WHAT YOU SHOULD DO: Go line by line through the listing below and copy those that hold "crates".

TASK INPUTS:
#####

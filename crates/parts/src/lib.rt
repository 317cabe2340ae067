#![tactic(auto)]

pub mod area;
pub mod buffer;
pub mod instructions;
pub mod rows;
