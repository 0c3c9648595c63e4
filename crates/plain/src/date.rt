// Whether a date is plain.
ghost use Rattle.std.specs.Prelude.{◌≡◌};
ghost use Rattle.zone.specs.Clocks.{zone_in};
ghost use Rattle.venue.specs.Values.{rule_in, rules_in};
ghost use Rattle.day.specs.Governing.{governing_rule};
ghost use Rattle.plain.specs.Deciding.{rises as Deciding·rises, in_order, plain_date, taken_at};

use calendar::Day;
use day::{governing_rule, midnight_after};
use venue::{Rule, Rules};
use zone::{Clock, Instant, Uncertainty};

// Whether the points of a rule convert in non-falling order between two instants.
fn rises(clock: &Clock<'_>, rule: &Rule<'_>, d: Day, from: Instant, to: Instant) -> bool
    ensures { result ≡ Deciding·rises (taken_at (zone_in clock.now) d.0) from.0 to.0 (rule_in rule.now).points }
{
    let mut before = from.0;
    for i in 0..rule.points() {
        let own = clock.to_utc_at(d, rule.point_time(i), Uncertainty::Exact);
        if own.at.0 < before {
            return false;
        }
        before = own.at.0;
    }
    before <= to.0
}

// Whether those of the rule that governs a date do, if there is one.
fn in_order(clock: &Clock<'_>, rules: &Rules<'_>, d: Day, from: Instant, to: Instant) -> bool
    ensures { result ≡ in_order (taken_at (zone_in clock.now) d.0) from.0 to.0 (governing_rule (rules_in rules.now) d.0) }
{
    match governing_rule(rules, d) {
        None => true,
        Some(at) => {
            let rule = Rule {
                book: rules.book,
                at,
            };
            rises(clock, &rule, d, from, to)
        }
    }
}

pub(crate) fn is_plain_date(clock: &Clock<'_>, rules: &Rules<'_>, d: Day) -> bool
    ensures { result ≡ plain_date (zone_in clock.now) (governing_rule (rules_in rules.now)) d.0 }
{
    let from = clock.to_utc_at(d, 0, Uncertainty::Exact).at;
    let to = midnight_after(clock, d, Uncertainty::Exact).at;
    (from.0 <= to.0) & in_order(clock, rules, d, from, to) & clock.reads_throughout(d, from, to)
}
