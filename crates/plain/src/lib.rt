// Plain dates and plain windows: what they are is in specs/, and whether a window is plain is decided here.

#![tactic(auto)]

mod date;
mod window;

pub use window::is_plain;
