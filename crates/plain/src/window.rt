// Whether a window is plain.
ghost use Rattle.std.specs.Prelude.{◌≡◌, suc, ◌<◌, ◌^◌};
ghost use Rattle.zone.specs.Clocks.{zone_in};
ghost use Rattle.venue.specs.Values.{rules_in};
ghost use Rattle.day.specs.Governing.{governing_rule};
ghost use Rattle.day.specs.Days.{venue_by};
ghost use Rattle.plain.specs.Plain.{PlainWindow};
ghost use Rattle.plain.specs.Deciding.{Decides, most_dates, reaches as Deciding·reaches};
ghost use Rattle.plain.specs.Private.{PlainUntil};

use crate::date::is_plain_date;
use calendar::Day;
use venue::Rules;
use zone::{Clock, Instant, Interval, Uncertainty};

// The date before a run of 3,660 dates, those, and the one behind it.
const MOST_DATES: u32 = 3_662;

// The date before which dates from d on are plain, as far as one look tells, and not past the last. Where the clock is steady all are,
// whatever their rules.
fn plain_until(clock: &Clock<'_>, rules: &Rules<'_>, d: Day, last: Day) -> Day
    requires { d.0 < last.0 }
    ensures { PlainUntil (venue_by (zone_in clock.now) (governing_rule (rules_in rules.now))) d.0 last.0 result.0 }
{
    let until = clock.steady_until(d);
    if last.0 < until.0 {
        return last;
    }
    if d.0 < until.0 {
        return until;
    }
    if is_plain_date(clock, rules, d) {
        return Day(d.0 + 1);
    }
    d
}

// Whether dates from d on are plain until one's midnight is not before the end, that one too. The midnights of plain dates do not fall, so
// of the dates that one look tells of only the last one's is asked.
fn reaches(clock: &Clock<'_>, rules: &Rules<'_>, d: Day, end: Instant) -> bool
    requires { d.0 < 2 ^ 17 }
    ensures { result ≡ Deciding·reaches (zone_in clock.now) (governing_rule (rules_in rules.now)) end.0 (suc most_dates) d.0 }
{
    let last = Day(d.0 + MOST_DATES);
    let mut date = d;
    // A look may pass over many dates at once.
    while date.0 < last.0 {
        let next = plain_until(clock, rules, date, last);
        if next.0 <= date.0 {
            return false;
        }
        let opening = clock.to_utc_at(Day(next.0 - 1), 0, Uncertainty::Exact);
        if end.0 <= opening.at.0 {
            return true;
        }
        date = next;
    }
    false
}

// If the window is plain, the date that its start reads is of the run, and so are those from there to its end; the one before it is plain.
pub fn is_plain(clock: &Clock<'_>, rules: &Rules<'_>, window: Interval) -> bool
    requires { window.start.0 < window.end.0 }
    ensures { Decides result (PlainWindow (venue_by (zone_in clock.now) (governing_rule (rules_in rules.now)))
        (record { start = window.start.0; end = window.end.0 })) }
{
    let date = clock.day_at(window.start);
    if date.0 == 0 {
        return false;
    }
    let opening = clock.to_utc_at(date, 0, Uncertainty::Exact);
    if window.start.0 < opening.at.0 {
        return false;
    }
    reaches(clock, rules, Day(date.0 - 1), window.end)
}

#####

WORKED SOLUTION:
filename crates/parts/src/lib.rt
filename crates/plain/src/date.rt
filename crates/plain/src/lib.rt
filename crates/plain/src/window.rt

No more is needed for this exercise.